// Which blocks a descriptor has.
ghost use Rattle.std.specs.Prelude.{◌≡◌};
ghost use Rattle.classtrailers.specs.Blocks.{row_at, row_number, kind_numbered, kind_there};

use crate::block::BlockKind;
use context::{ContextDescriptorFlags, MetadataInitializationKind};

// What decides it: the flags word, whether it is a class, and the extra class flags (0 if there are none). A caller in C hands the three in
// by themselves and gets them back as they were, so none of them is made from another.
#[derive(Clone, Copy)]
pub struct Trailing {
    pub flags: u32,
    pub is_class: bool,
    pub extra: u32,
}

// The kinds in the order in which their blocks follow each other: a kind stands at its number.
const KINDS: [BlockKind; 11] = [
    BlockKind::Generic,
    BlockKind::ResilientSuperclass,
    BlockKind::ForeignMetadataInit,
    BlockKind::SingletonMetadataInit,
    BlockKind::VTable,
    BlockKind::OverrideTable,
    BlockKind::ObjcResilientClassStub,
    BlockKind::Prespecializations,
    BlockKind::InvertibleProtocolSet,
    BlockKind::SingletonMetadataPointer,
    BlockKind::DefaultOverrideTable,
];

// The number of a kind in the order in which blocks follow each other.
pub fn number_of(kind: BlockKind) -> u32
    ensures { result ≡ row_number kind }
{
    kind as u32
}

// The kind with a number.
#[tactic(auto, unfolding(crate::specs::Blocks::kind_numbered))]
pub fn kind_numbered(number: u32) -> Option<BlockKind>
    ensures { result ≡ kind_numbered number }
{
    KINDS.get(number as usize).copied()
}

// Whether there is a block of a kind.
pub fn has_block(trailing: Trailing, kind: BlockKind) -> bool
    ensures { result ≡ (row_at (row_number kind)).there trailing }
{
    let flags = ContextDescriptorFlags(trailing.flags);
    let types = flags.type_flags();
    let class = trailing.is_class;
    match kind {
        BlockKind::Generic => flags.is_generic(),
        BlockKind::ResilientSuperclass => class & types.class_has_resilient_superclass(),
        BlockKind::ForeignMetadataInit => matches!(
            types.metadata_initialization(),
            MetadataInitializationKind::Foreign
        ),
        BlockKind::SingletonMetadataInit => matches!(
            types.metadata_initialization(),
            MetadataInitializationKind::Singleton
        ),
        BlockKind::VTable => class & types.class_has_vtable(),
        BlockKind::OverrideTable => class & types.class_has_override_table(),
        BlockKind::ObjcResilientClassStub => {
            class & types.class_has_resilient_superclass() & (trailing.extra % 2 == 1)
        }
        BlockKind::Prespecializations => types.has_canonical_metadata_prespecializations(),
        BlockKind::InvertibleProtocolSet => flags.has_invertible_protocols(),
        BlockKind::SingletonMetadataPointer => types.has_singleton_metadata_pointer(),
        BlockKind::DefaultOverrideTable => class & types.class_has_default_override_table(),
    }
}

// The kind with a number, if there is a block of it.
#[tactic(auto, using(crate::proofs::CallsLaws::kind_kept, crate::proofs::CallsLaws::no_kind_there))]
pub fn kind_there(trailing: Trailing, number: u32) -> Option<BlockKind>
    ensures { result ≡ kind_there trailing number }
{
    let kind = kind_numbered(number)?;
    has_block(trailing, kind).then_some(kind)
}
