// The blocks that trail a class, a struct or an enum descriptor, carried over from darwinscope's src/swift/classtrailers.rs.
#![tactic(auto)]

mod block;
mod decode;
mod iter;
mod trailing;

pub use block::{Block, BlockBody, BlockKind, Ended};
pub use decode::block_at;
pub use iter::{BlockIter, BlockStep, block_of_kind};
pub use trailing::{Trailing, kind_numbered, kind_there, number_of};
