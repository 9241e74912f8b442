// The kinds of blocks, in the order in which they follow a descriptor.
#[derive(Clone, Copy)]
pub enum BlockKind {
    Generic,
    ResilientSuperclass,
    ForeignMetadataInit,
    SingletonMetadataInit,
    VTable,
    OverrideTable,
    ObjcResilientClassStub,
    Prespecializations,
    InvertibleProtocolSet,
    SingletonMetadataPointer,
    DefaultOverrideTable,
}

// What is recorded of a block: where it lies; for a table, where its entries lie and how many there are, with a vtable's offset (0
// in every other table); or the invertible set, with the number of protocols it names.
#[derive(Clone, Copy)]
pub enum BlockBody {
    At(u64),
    Table {
        offset: u32,
        count: u32,
        entries_va: u64,
    },
    Set {
        bits: u16,
        protocols: u32,
    },
}

#[derive(Clone, Copy)]
pub struct Block {
    pub kind: BlockKind,
    pub body: BlockBody,
}

// A block, and the address where the next one starts: none if it ends past the last address.
#[derive(Clone, Copy)]
pub struct Ended {
    pub block: Block,
    pub end: Option<u64>,
}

What you will do: Look for the line that contains "BlockKind::DefaultOverrideTable => class" in the listing above. Set down that line and each line after it, ending with the last one.

Response area:
        BlockKind::DefaultOverrideTable => class & types.class_has_default_override_table(),
    }
}

// The kind with a number, if there is a block of it.
#[tactic(auto, using(crate::proofs::CallsLaws::kind_kept, crate::proofs::CallsLaws::no_kind_there))]
pub fn kind_there(trailing: Trailing, number: u32) -> Option<BlockKind>
    ensures { result ≡ kind_there trailing number }
{
    let kind = kind_numbered(number)?;
    has_block(trailing, kind).then_some(kind)
}
// The blocks that trail a class, a struct or an enum descriptor, carried over from darwinscope's src/swift/classtrailers.rs.
#![tactic(auto)]

mod block;
mod decode;
mod iter;
mod trailing;

pub use block::{Block, BlockBody, BlockKind, Ended};
pub use decode::block_at;
pub use iter::{BlockIter, BlockStep, block_of_kind};
pub use trailing::{Trailing, kind_numbered, kind_there, number_of};
repository 9241e74912f8b442
// The kinds of blocks, in the order in which they follow a descriptor.
#[derive(Clone, Copy)]
pub enum BlockKind {
    Generic,
    ResilientSuperclass,
    ForeignMetadataInit,
    SingletonMetadataInit,
    VTable,
    OverrideTable,
    ObjcResilientClassStub,
    Prespecializations,
    InvertibleProtocolSet,
    SingletonMetadataPointer,
    DefaultOverrideTable,
}

// What is recorded of a block: where it lies; for a table, where its entries lie and how many there are, with a vtable's offset (0
// in every other table); or the invertible set, with the number of protocols it names.
#[derive(Clone, Copy)]
pub enum BlockBody {
    At(u64),
    Table {
        offset: u32,
        count: u32,
        entries_va: u64,
    },
    Set {
        bits: u16,
        protocols: u32,
    },
}

#[derive(Clone, Copy)]
pub struct Block {
    pub kind: BlockKind,
    pub body: BlockBody,
}

// A block, and the address where the next one starts: none if it ends past the last address.
#[derive(Clone, Copy)]
pub struct Ended {
    pub block: Block,
    pub end: Option<u64>,
}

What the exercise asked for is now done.